Her doctor thinks she'll have a week's holiday from the chemo. She'll go back onto it next Tuesday as long as the blood test results are okay, but they haven't worked out how much to reduce the dose. And of course the chemo is just going to make her feel sick again, we just don't know how much. But as someone said to me the other day, "When you're on chemo, if you're feeling sick, then your cancer is feeling sick, so you don't really want to be feeling okay". I understand that, but it just seems obscene to me. I hate the idea of Mum feeling so bloody awful, but I hate the idea of what would happen without the treatment.

Seems like the ultimate case of damned if you do....

Thursday, February 13, 2014

Honestly, I want to see you be brave...

I love to sing. In some shape or form, I've done it my whole life. In the car, in the shower, in the kitchen. Occasionally in the supermarket. Sometimes in choirs, and a few times, when I was younger, in musicals. 

I sing with a choir now, a beautiful, eclectic, diverse group of lovely, talented, supportive people who have become a second family to me. It's a community choir, with no audition to get in, and I just have to go along and sing.

And somehow that isn't quite enough. I have an urge to sing on my own, or more accurately, to sing in a small group with occasional short solos.
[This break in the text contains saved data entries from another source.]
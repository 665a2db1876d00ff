ghost use Rattle.std.specs.Prelude.{◌≡◌};
ghost use Rattle.ato_outside.specs.Numbered.{is_listed, kept_bytes};

/// Whether the call of this number is to fail.
pub(crate) fn is_listed(fail: &[u32], call: u64) -> bool
    ensures { result ≡ is_listed fail.now call }
{
    fail.iter().any(|number| u64::from(*number) == call)
}

/// How many bytes the call of this number keeps, where it is to fail.
pub(crate) fn kept_bytes(fail: &[(u32, u32)], call: u64) -> Option<u32>
    ensures { result ≡ kept_bytes fail.now call }
{
    for (number, kept) in fail {
        if u64::from(*number) == call {
            return Some(*kept);
        }
    }
    None
}
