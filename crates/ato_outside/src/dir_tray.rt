ghost use Rattle.std.specs.Prelude.{◌≡◌, ℕ, false, take, IsErrOf, OnOk};
ghost use Rattle.std.specs.Bool.{OnTrue};
ghost use Rattle.std.specs.Path.{path_join};
ghost use Rattle.std.specs.Io.KnownBytes.{Appends};
ghost use Rattle.ato_outside.specs.Causes.{Counts};
ghost use Rattle.ato_outside.specs.Folder.{WritesFile, StopsWriting};

use crate::{System, Tray, TrayError};
use std::alloc::Global;
use std::io::{ErrorKind, Write};
use std::marker::Model;
use std::path::Path;

/// A real folder, whose files it tells nothing of. It keeps an allocator for its paths.
///
/// Contracts see it as the system that it asks, its path and its count of faults.
#[derive(Drop)]
pub struct DirTray<'a, S: System> {
    alloc: Global,
    system: S,
    folder: &'a str,
    faults: u64,
}

impl<'a, S: System> Model for DirTray<'a, S> {
    ghost use Rattle.ato_outside.specs.Folder.{FolderTray, folder_tray_code};

    ghost Value = { FolderTray S };

    ghost coded = { folder_tray_code S.code };

    ghost view = { λ it. record { system = it.system; folder = it.folder.now; faults = it.faults } };
}

impl<'a, S: System> DirTray<'a, S> {
    /// The tray of a folder of a system. It takes no memory and writes nothing.
    ///
    /// A failure of any kind is a fault. Where there is no memory for a path, nothing is touched.
    pub fn new(alloc: Global, system: S, folder: &'a str) -> DirTray<'a, S>
        ensures { result ≡ record { system = system; folder = folder.now; faults = 0 } }
    {
        DirTray {
            alloc,
            system,
            folder,
            faults: 0,
        }
    }

    /// How many calls failed.
    pub fn faults(&self) -> u64
        ensures { result ≡ self.now.faults }
    {
        self.faults
    }
}

/// Writes all of the bytes, and answers whether it could. A write that was interrupted is tried
/// again; every other error is a failure, and so is a write of no byte.
pub(crate) fn write_all<F: Write>(file: &mut F, bytes: &[u8]) -> bool
    ensures all { OnTrue result (Appends (F.contents file.old) (F.contents file.new) bytes.now) }
    ensures first { (n : ℕ) × Appends (F.contents file.old) (F.contents file.new) (take n bytes.now) }
{
    let mut rest = bytes;
    for _ in 0..u64::MAX {
        if rest.is_empty() {
            return true;
        }
        match file.write(rest) {
            Ok(0) => return false,
            Ok(count) => rest = &rest[count..],
            Err(error) => {
                if error.kind() != ErrorKind::Interrupted {
                    return false;
                }
            }
        }
    }
    false
}

/// Creates a file, writes all of the bytes to it and closes it, and answers whether it could.
fn write_file<S: System>(system: &mut S, path: &str, bytes: &[u8]) -> bool
    ensures wrote { OnTrue result (WritesFile S.creates S.closes S.File.contents system.old path.now bytes.now system.new) }
    ensures failed { result ≡ false → StopsWriting S.creates S.closes S.File.contents system.old path.now bytes.now system.new }
{
    match system.create(path) {
        Ok(mut file) => {
            let written = write_all(&mut file, bytes);
            system.close(file);
            written
        }
        Err(_) => false,
    }
}

impl<'a, S: System> Tray for DirTray<'a, S> {
    ghost use Rattle.std.specs.Prelude.{None};

    ghost files = { λ _. None };

    ghost faults = { λ s. s.faults };

    fn put(&mut self, name: &str, bytes: &[u8]) -> Result<(), TrayError>
        ensures faults { Counts self.old.faults self.new.faults (IsErrOf result TrayError.Failed) }
        ensures folder { self.new.folder ≡ self.old.folder }
        // Only where the file that this call created at the path of the name took all of the bytes and was closed is the put
        // answered as done.
        ensures wrote { OnOk result (WritesFile S.creates S.closes S.File.contents self.old.system (path_join self.old.folder name.now) bytes.now self.new.system) }
        // Only where the path was refused, or its file took only the first of the bytes, is it a failure.
        ensures failed { result ≡ Err TrayError.Failed → StopsWriting S.creates S.closes S.File.contents self.old.system (path_join self.old.folder name.now) bytes.now self.new.system }
        ensures untouched { result ≡ Err TrayError.NoMemory → self.new.system ≡ self.old.system }
    {
        let Ok(path) = Path::new(self.folder).join(self.alloc, name) else {
            return Err(TrayError::NoMemory);
        };
        if write_file(&mut self.system, path.as_str(), bytes) {
            return Ok(());
        }
        self.faults = self.faults.saturating_add(1);
        Err(TrayError::Failed)
    }
}
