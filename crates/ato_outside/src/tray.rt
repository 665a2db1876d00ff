ghost use Rattle.std.specs.Prelude.{ℕ, Option, IsErrOf};
ghost use Rattle.ato_outside.specs.Files.{Files};
ghost use Rattle.ato_outside.specs.Causes.{Counts};
ghost use Rattle.ato_outside.specs.Tray.{PutsWhereTold};

use thiserror::Error;

/// Why a tray did not take a file.
#[derive(Clone, Copy, Debug, PartialEq, Eq, Error)]
pub enum TrayError {
    /// The file could not be written whole. The count of faults rises.
    #[error("the file could not be written")]
    Failed,
    /// There was no memory for the call, which changed nothing. No count rises.
    #[error("out of memory")]
    NoMemory,
}

/// Where files go.
pub trait Tray {
    /// The files written, where it tells them.
    ghost files: { Self → Option Files };

    /// How often it failed.
    ghost faults: { Self → ℕ };

    /// Puts a file of this name, in place of one that was there.
    ///
    /// After Ok the name holds the bytes, after Failed a prefix of them, and after NoMemory nothing
    /// changed. Every other name stays as it was. Only a call that answers Failed raises the count
    /// of faults.
    fn put(&mut self, name: &str, bytes: &[u8]) -> Result<(), TrayError>
        ensures told { PutsWhereTold (files self.old) (files self.new) name.now bytes.now result }
        ensures faults { Counts (faults self.old) (faults self.new)
            (IsErrOf result TrayError.Failed) };
}
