ghost use Rattle.std.specs.Prelude.{◌≡◌, ◌↔◌, ℕ, List, Result};
ghost use Rattle.ato_outside.specs.declared.system.OpenError.{OpenError};

use std::fs;
use std::io::{ErrorKind, Read, Write};
use std::rt::Files;

/// Why a system does not open a path.
#[derive(Clone, Copy, Debug, PartialEq, Eq)]
pub enum OpenError {
    /// There is no such file.
    Missing,
    /// Every other reason.
    Refused,
}

/// The calls on a system's files that this crate makes.
///
/// What each call does is a relation that an implementation tells or leaves open. Code that is
/// generic over it can show that a call took place only by making it, and how many took place by
/// the states before and after. An opened file is read or written from where it stands, and nothing
/// else can be done to it.
pub trait System {
    /// A file that was opened.
    type File: Read + Write + Drop;

    /// Opening a path for reading: the state before, the path, the answer, and the state after.
    ghost opens: { Self → List ℕ → Result Self.File OpenError → Self → Type 0 };

    /// Opening a path for writing, in place of a file that is there, likewise.
    ghost creates: { Self → List ℕ → Result Self.File OpenError → Self → Type 0 };

    /// Closing a file that was written: the state before, the file as it is left, and the state after.
    ghost closes: { Self → Self.File → Self → Type 0 };

    /// Opens a path for reading.
    fn open(&mut self, path: &str) -> Result<Self::File, OpenError>
        ensures { opens self.old path.now result self.new };

    /// Opens a path for writing, in place of a file that is there.
    fn create(&mut self, path: &str) -> Result<Self::File, OpenError>
        ensures { creates self.old path.now result self.new };

    /// Closes a file that was written.
    fn close(&mut self, file: Self::File)
        ensures { closes self.old file self.new };
}

/// What an error of the library means for a path that was to be opened.
fn refusal(kind: ErrorKind) -> OpenError
    ensures { (result ≡ OpenError.Missing) ↔ (kind ≡ ErrorKind.NotFound) }
{
    if kind == ErrorKind::NotFound {
        OpenError::Missing
    } else {
        OpenError::Refused
    }
}

/// The real system. The library tells nothing of what its calls do, so nothing is told here.
impl<'a, R: Files> System for &'a R {
    ghost use Rattle.std.specs.Prelude.{⊤};

    type File = R::File;

    ghost opens = { λ _ _ _ _. ⊤ };

    ghost creates = { λ _ _ _ _. ⊤ };

    ghost closes = { λ _ _ _. ⊤ };

    fn open(&mut self, path: &str) -> Result<R::File, OpenError> {
        match fs::open(*self, path) {
            Ok(file) => Ok(file),
            Err(error) => Err(refusal(error.kind())),
        }
    }

    fn create(&mut self, path: &str) -> Result<R::File, OpenError> {
        match fs::create(*self, path) {
            Ok(file) => Ok(file),
            Err(error) => Err(refusal(error.kind())),
        }
    }

    fn close(&mut self, _file: R::File) {}
}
This would probably be less of a problem if I could sing well enough to do that, but I can't. 

I think that's more likely to be an "I can't, yet", rather than an "I can't, full stop", but the truth is that I have a serious problem with nerves (I don't generally feel very nervous before I sing, but as soon as I start, the nerves steal more than half of my notes, particularly in my upper register) and there are technical issues as well that would need to be worked on. 

I should go and have lessons, I know that. So far I've resisted that a bit because of the time and financial committment, but also due to a host of other reasons - the last time I had lessons (when I was 15), my teacher and I had wildly different ideas about what types of songs were fun to sing (her: Opera and Lieder, me: Broadway and Pop) and the experience was tedious; how do I find a good teacher?; is this a ridiculous thing to do at my age?; and the real kicker, what if I get in front of a teacher and they listen to me sing and say "Ouch! Your voice is so awful that it's not worth even trying!"

Of course, like most such fears, this last one is completely irrational. The opera-loving teacher I had at 15 didn't cover her ears and send me away. But logic is no match for irrational fear. 


I've put my name down to participate in an audition tonight for the small corporate vocal group comprised of members of the choir I currently sing in.  I don't expect to have any chance of being selected, which is actually fine with me. My main personal goal is to actually get up and sing in front of people and hopefully do it a little bit better than the last time I tried. 

But I am concerned about being a train wreck, like those people they always include on " Idol" audition shows so that people can laugh at them - the ones we're encouraged to look at and think "How did they ever think they would be good enough for us to want to listen to them?"

And it all makes me wonder. When does putting yourself out there and trying to improve at something cross over from brave to stupid and cringeworthy?

And if the "Idol" example says that we laugh at people who show themselves being less than perfect at something in public rather than praising their courage, what does that tell our kids? It feels a hell of a lot like "Don't let anyone see you try anything unless you're good at it.", which is only a stone's throw from "Don't ever try anything in case you're not perfect." And that makes me sad. 

So when I get up and try to sing in front of people tonight, I'm going to keep telling myself how brave I am. And I'm going to try not to worry about whether anyone else agrees with me.